▶ EXERCISE MATERIAL
============

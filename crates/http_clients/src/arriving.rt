ghost use Rattle.std.specs.Prelude.{◌≡◌, ◌≤◌, ◌<◌, ℕ, List, [], false, true, Ok, IfOk, IfSome, IsErr, IsErrOf, length};
ghost use Rattle.zbase.specs.Faults.{Counts};
ghost use Rattle.http_clients.specs.Arriving.{Admits, AreMessages, Arrived, ArrivedBut, Leaves, Tells, bytes_of};
ghost use Rattle.http_clients.specs.Ending.{WereOpen};

use crate::Asked;
use crate::hearing::hear;
use std::alloc::Global;
use zio::{Hub, OutsideRefusal};

// Accepts the next connection, and reads its message. False where none came.
fn admit<H: Hub>(
    alloc: Global,
    hub: &mut H,
    numbers: &mut Vec<u32>,
    asked: &mut Vec<Asked>,
) -> Result<bool, OutsideRefusal>
    ensures none { result ≡ Ok false → (numbers.new.items ≡ numbers.old.items) × (asked.new.items ≡ asked.old.items) × (H.peers hub.new ≡ H.peers hub.old)
        × IfSome (H.peers hub.old) (λ p. p.coming ≡ []) }
    ensures some { result ≡ Ok true → Admits numbers.old.items numbers.new.items asked.old.items asked.new.items (H.peers hub.old) (H.peers hub.new) }
    ensures err { IsErr result → (numbers.new.items ≡ numbers.old.items) × (asked.new.items ≡ asked.old.items)
        × Tells (H.peers hub.old) (H.peers hub.new) Leaves }
    ensures listening { Counts (H.listening hub.old) (H.listening hub.new) (IsErrOf result OutsideRefusal.Failed) }
{
    if numbers.reserve(1).is_err() || asked.reserve(1).is_err() {
        return Err(OutsideRefusal::Memory);
    }
    let Some(number) = hub.accept()? else {
        return Ok(false);
    };
    if let Some((message, bytes)) = hear(alloc, hub, number)? {
        numbers.push_reserved(number);
        asked.push_reserved(Asked { message, bytes });
    }
    Ok(true)
}

// Whether a round that has so many connections takes a further one: the first in any case, each other one only where it waits.
fn takes_next<H: Hub>(hub: &mut H, count: u32) -> bool
    ensures peers { H.peers hub.new ≡ H.peers hub.old }
    ensures none { result ≡ false → IfSome (H.peers hub.old) (λ p. p.coming ≡ []) }
    ensures listening { H.listening hub.new ≡ H.listening hub.old }
{
    count == 0 || hub.has_waiting()
}

/// Accepts connections, so many at most: the first in any case, and each further one only where it waits. Of each one message is
/// read before the next is accepted. Those that sent one are open, and their numbers and messages are kept in order; the others
/// are closed. How many were accepted.
///
/// Refused where the hub fails to accept, or for want of memory; the connections whose numbers are kept are open then too.
pub fn arrive<H: Hub>(
    alloc: Global,
    hub: &mut H,
    most: u32,
    numbers: &mut Vec<u32>,
    asked: &mut Vec<Asked>,
) -> Result<u32, OutsideRefusal>
    requires empty { (numbers.old.items ≡ []) × (asked.old.items ≡ []) }
    ensures arrived { IfOk result (λ count. Tells (H.peers hub.old) (H.peers hub.new) (λ p q. Arrived p q numbers.new.items (bytes_of asked.new.items) count)) }
    ensures most { IfOk result (λ count. (length numbers.new.items ≤ count) × (count ≤ most)) }
    ensures fewer { IfOk result (λ count. count < most → IfSome (H.peers hub.new) (λ q. q.coming ≡ [])) }
    ensures refused { IsErr result → Tells (H.peers hub.old) (H.peers hub.new) (ArrivedBut numbers.new.items (bytes_of asked.new.items)) }
    ensures messages { AreMessages asked.new.items }
    ensures as_many { length numbers.new.items ≡ length asked.new.items }
    ensures open { WereOpen numbers.new.items (H.peers hub.new) }
    ensures listening { Counts (H.listening hub.old) (H.listening hub.new) (IsErrOf result OutsideRefusal.Failed) }
{
    for count in 0..most {
        if !takes_next(hub, count) {
            return Ok(count);
        }
        if !admit(alloc, hub, numbers, asked)? {
            return Ok(count);
        }
    }
    Ok(most)
}
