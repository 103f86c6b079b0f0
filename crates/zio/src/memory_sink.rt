ghost use Rattle.std.specs.Prelude.{◌≡◌, [], Some};
ghost use Rattle.std.specs.declared.option.Option.{Option};

use crate::{OutsideRefusal, Sink};
use std::alloc::Global;
use zbase::{Bytes, FaultPlan};

/// A sink that keeps what was written, and tells it.
///
/// Of a piece whose write fails nothing is kept. Each write counts as one call of the plan.
#[derive(Drop)]
pub struct MemorySink {
    bytes: Bytes,
    plan: FaultPlan,
}

impl MemorySink {
    /// A sink to which nothing was written, and whose writes fail as the plan says.
    pub fn new(alloc: Global, plan: FaultPlan) -> MemorySink
        ensures written { ⟦<MemorySink as Sink>⟧.written result ≡ Some [] }
        ensures counter { ⟦<MemorySink as Sink>⟧.counter result ≡ plan }
    {
        MemorySink {
            bytes: Bytes::new(alloc),
            plan,
        }
    }

    /// What was written.
    pub fn bytes(&self) -> &[u8]
        ensures { ⟦<MemorySink as Sink>⟧.written self.now ≡ Some result.now }
    {
        self.bytes.as_slice()
    }
}

impl Sink for MemorySink {
    ghost written = { λ sink. Some sink.bytes };

    ghost counter = { λ sink. sink.plan };

    fn write_all(&mut self, bytes: &[u8]) -> Result<(), OutsideRefusal> {
        self.plan.call()?;
        self.bytes.append(bytes)?;
        Ok(())
    }
}
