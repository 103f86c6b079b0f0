use http_in::Message;
use zbase::Bytes;

/// What a connection asked for.
#[derive(Debug, Drop)]
pub struct Asked {
    /// Its message, whole or refused.
    pub message: Message,
    /// The bytes of that message.
    pub bytes: Bytes,
}
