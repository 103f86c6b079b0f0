use crate::telling::{
    check_words, head_words, put_rows, put_step, put_value, refusal_words, scan_words,
};
use cases::{Case, CasesRefusal, Part, Runner, add_bytes, add_line, add_number, put_word};
use fs_record::DataHead;
use fs_scan::{Checked, ScanRefusal, Scanned, Walk, check, follow_from, read_head, scan};
use std::alloc::Global;
use zbase::{Bytes, Value};
use zdisk::{Disk, MemoryDisk};

/// Files: `file` is one, and `failing disk NUMBER` a call of its disk that is to fail; each of these is read from a disk
/// of its own. A file that has damage gives `damaged KIND PLACE` in place of the words, and a call that failed `fault`.
///
/// - `scan end N torn N greatest HEX last HEX packed HEX transactions N`, `rows` with a line `HEX PLACE` for each object's
///   last record, and `scan_calls N`;
/// - `check transactions N objects N last HEX end N torn N`, and `check_calls N`;
/// - `walk` with the lines `transaction PLACE HEX STATUS USER DESCRIPTION EXTENSION` and `record HEX VALUE` up to `end` or
///   the damage; behind `fault` it goes on; `walk_calls N`;
/// - where `at PLACE` is given, `head HEX HEX PREVIOUS START VERSION LENGTH` with the fields of the data record there or
///   `none`, `value` with what it means, and `at_calls N`.
#[derive(Drop)]
pub struct FileRuns;

// More steps than any walk over a case's file has.
const STEPS: usize = 1000;

// The disk of the case, before any call.
fn disk_of(alloc: Global, case: &Case) -> Result<MemoryDisk, CasesRefusal> {
    let mut disk = MemoryDisk::new(alloc, case.bytes(alloc, "file")?);
    let mut before = 0;
    for number in &case.failing(alloc, "disk")? {
        let calls = number.saturating_sub(before);
        if calls == 0 {
            return Err(CasesRefusal::Missing);
        }
        disk.arm_fail(calls, 0)?;
        before = *number;
    }
    Ok(disk)
}

// Adds a part of this key and these words.
fn add_words(
    alloc: Global,
    parts: &mut Vec<Part>,
    key: &str,
    words: &str,
) -> Result<(), CasesRefusal> {
    let mut line = String::from_str(alloc, key)?;
    put_word(&mut line, words)?;
    add_line(alloc, parts, line.as_str())
}

// Adds what a scan says.
fn put_scan(
    alloc: Global,
    parts: &mut Vec<Part>,
    key: &str,
    found: &Result<Scanned, ScanRefusal>,
) -> Result<(), CasesRefusal> {
    let words = match found {
        Ok(scanned) => scan_words(alloc, scanned)?,
        Err(refusal) => refusal_words(alloc, *refusal)?,
    };
    add_words(alloc, parts, key, words.as_str())
}

// Adds where the last records stand, if a scan found that.
fn put_places(
    alloc: Global,
    parts: &mut Vec<Part>,
    found: &Result<Scanned, ScanRefusal>,
) -> Result<(), CasesRefusal> {
    let Ok(scanned) = found else {
        return Ok(());
    };
    let mut rows = Bytes::new(alloc);
    put_rows(alloc, &mut rows, scanned.newest.rows()?.as_slice())?;
    add_bytes(alloc, parts, "rows", rows)
}

// What a scan of the case's disk says, and how many calls it made.
fn scanned(
    alloc: Global,
    case: &Case,
) -> Result<(Result<Scanned, ScanRefusal>, u64), CasesRefusal> {
    let mut disk = disk_of(alloc, case)?;
    let found = scan(alloc, &mut disk);
    Ok((found, disk.calls()))
}

// Scans the file.
fn run_scan(alloc: Global, case: &Case, parts: &mut Vec<Part>) -> Result<(), CasesRefusal> {
    let (found, calls) = scanned(alloc, case)?;
    put_scan(alloc, parts, "scan", &found)?;
    put_places(alloc, parts, &found)?;
    add_number(alloc, parts, "scan_calls", calls)
}

// What a check of the case's disk says, and how many calls it made.
fn checked(
    alloc: Global,
    case: &Case,
) -> Result<(Result<Checked, ScanRefusal>, u64), CasesRefusal> {
    let mut disk = disk_of(alloc, case)?;
    let found = check(alloc, &mut disk);
    Ok((found, disk.calls()))
}

// Checks the file.
fn run_check(alloc: Global, case: &Case, parts: &mut Vec<Part>) -> Result<(), CasesRefusal> {
    let (found, calls) = checked(alloc, case)?;
    let words = match found {
        Ok(checked) => check_words(alloc, &checked)?,
        Err(refusal) => refusal_words(alloc, refusal)?,
    };
    add_words(alloc, parts, "check", words.as_str())?;
    add_number(alloc, parts, "check_calls", calls)
}

// The lines of a walk over the disk's file.
fn walked<D: Disk>(alloc: Global, disk: &mut D) -> Result<Bytes, CasesRefusal> {
    let mut walk = Walk::new(alloc);
    let mut out = Bytes::new(alloc);
    for _ in 0..STEPS {
        if !put_step(alloc, &mut out, walk.next(disk))? {
            return Ok(out);
        }
    }
    Err(CasesRefusal::Missing)
}

// Walks over the file.
fn run_walk(alloc: Global, case: &Case, parts: &mut Vec<Part>) -> Result<(), CasesRefusal> {
    let mut disk = disk_of(alloc, case)?;
    let lines = walked(alloc, &mut disk)?;
    add_bytes(alloc, parts, "walk", lines)?;
    add_number(alloc, parts, "walk_calls", disk.calls())
}

// The head and the meaning of the data record at a place.
fn read_at<D: Disk>(
    alloc: Global,
    disk: &mut D,
    at: u64,
) -> Result<Option<(DataHead, Value)>, ScanRefusal> {
    let len = disk.len()?;
    let Some(head) = read_head(disk, len, at)? else {
        return Ok(None);
    };
    let value = follow_from(alloc, disk, len, at, &head)?;
    Ok(Some((head, value)))
}

// Adds what stands at a place.
fn put_found(
    alloc: Global,
    parts: &mut Vec<Part>,
    found: Result<Option<(DataHead, Value)>, ScanRefusal>,
) -> Result<(), CasesRefusal> {
    let mut value = Bytes::new(alloc);
    let words = match found {
        Ok(Some((head, meant))) => {
            put_value(&mut value, &meant)?;
            head_words(alloc, &head)?
        }
        Ok(None) => String::from_str(alloc, "none")?,
        Err(refusal) => refusal_words(alloc, refusal)?,
    };
    add_words(alloc, parts, "head", words.as_str())?;
    let value = str::from_utf8(value.as_slice()).unwrap_or("");
    add_words(alloc, parts, "value", value)
}

// Reads the data record at the place of the case, if it has one.
fn run_at(alloc: Global, case: &Case, parts: &mut Vec<Part>) -> Result<(), CasesRefusal> {
    if case.part("at").is_none() {
        return Ok(());
    }
    let mut disk = disk_of(alloc, case)?;
    let found = read_at(alloc, &mut disk, case.number("at", 0)?);
    put_found(alloc, parts, found)?;
    add_number(alloc, parts, "at_calls", disk.calls())
}

impl Runner for FileRuns {
    fn knows(&self, key: &str) -> bool {
        key == "file" || key == "failing" || key == "at"
    }

    fn run(&self, alloc: Global, case: &Case) -> Result<Vec<Part>, CasesRefusal> {
        let mut parts = Vec::new(alloc);
        run_scan(alloc, case, &mut parts)?;
        run_check(alloc, case, &mut parts)?;
        run_walk(alloc, case, &mut parts)?;
        run_at(alloc, case, &mut parts)?;
        Ok(parts)
    }
}
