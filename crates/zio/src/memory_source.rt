ghost use Rattle.std.specs.Prelude.{◌≡◌, Some};
ghost use Rattle.std.specs.declared.option.Option.{Option};

use crate::Source;
use crate::unread::Unread;
use zbase::{Bytes, Failed, FaultPlan};

/// A source over bytes in memory, which tells those that are left.
///
/// A read gives as many bytes as there are, or as the buffer has room for. Each read counts as one call of the
/// plan.
#[derive(Drop)]
pub struct MemorySource {
    unread: Unread,
    plan: FaultPlan,
}

impl MemorySource {
    /// A source of these bytes, whose reads fail as the plan says.
    pub fn new(bytes: Bytes, plan: FaultPlan) -> MemorySource
        ensures left { ⟦<MemorySource as Source>⟧.left result ≡ Some bytes }
        ensures counter { ⟦<MemorySource as Source>⟧.counter result ≡ plan }
    {
        MemorySource {
            unread: Unread::new(bytes),
            plan,
        }
    }
}

impl Source for MemorySource {
    ghost left = { λ source. Some source.unread };

    ghost counter = { λ source. source.plan };

    fn read(&mut self, buf: &mut [u8]) -> Result<usize, Failed> {
        self.plan.call()?;
        Ok(self.unread.read(buf))
    }
}
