ghost use Rattle.std.specs.Prelude.{◌≡◌, ◌<◌, List, IfOk, OnErr, IsErr};
ghost use Rattle.std.specs.declared.option.Option.{Option};
ghost use Rattle.zbase.specs.Faults.{Counter, Counts};
ghost use Rattle.zio.specs.Clocks.{Tick, GivesTick};

use zbase::Failed;

/// What tells the time.
pub trait Clock {
    /// The moments that the clock is going to answer, where it tells.
    ghost ticks: { Self → Option (List Tick) };

    /// How often the clock has failed.
    ghost counter: { Self → Counter };

    /// Whole seconds since 1970-01-01 in UTC, and nanoseconds.
    fn now(&mut self) -> Result<(i64, u32), Failed>
        ensures nanos { IfOk result (λ tick. tick.1 < 1000000000) }
        ensures value { GivesTick (ticks self.old) (ticks self.new) result }
        ensures err { OnErr result (ticks self.new ≡ ticks self.old) }
        ensures counts { Counts (counter self.old) (counter self.new) (IsErr result) };
}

============

▶ PROBLEM TO WORK ON
Please give an exact copy of the entries above, from the line with "result → Tells" down to the line with "WereOpen numbers.new.items (H.peers", inclusive, and nothing else.

▶ RESPONSE AREA
    ensures refused { IsErr result → Tells (H.peers hub.old) (H.peers hub.new) (ArrivedBut numbers.new.items (bytes_of asked.new.items)) }
    ensures messages { AreMessages asked.new.items }
    ensures as_many { length numbers.new.items ≡ length asked.new.items }
    ensures open { WereOpen numbers.new.items (H.peers hub.new) }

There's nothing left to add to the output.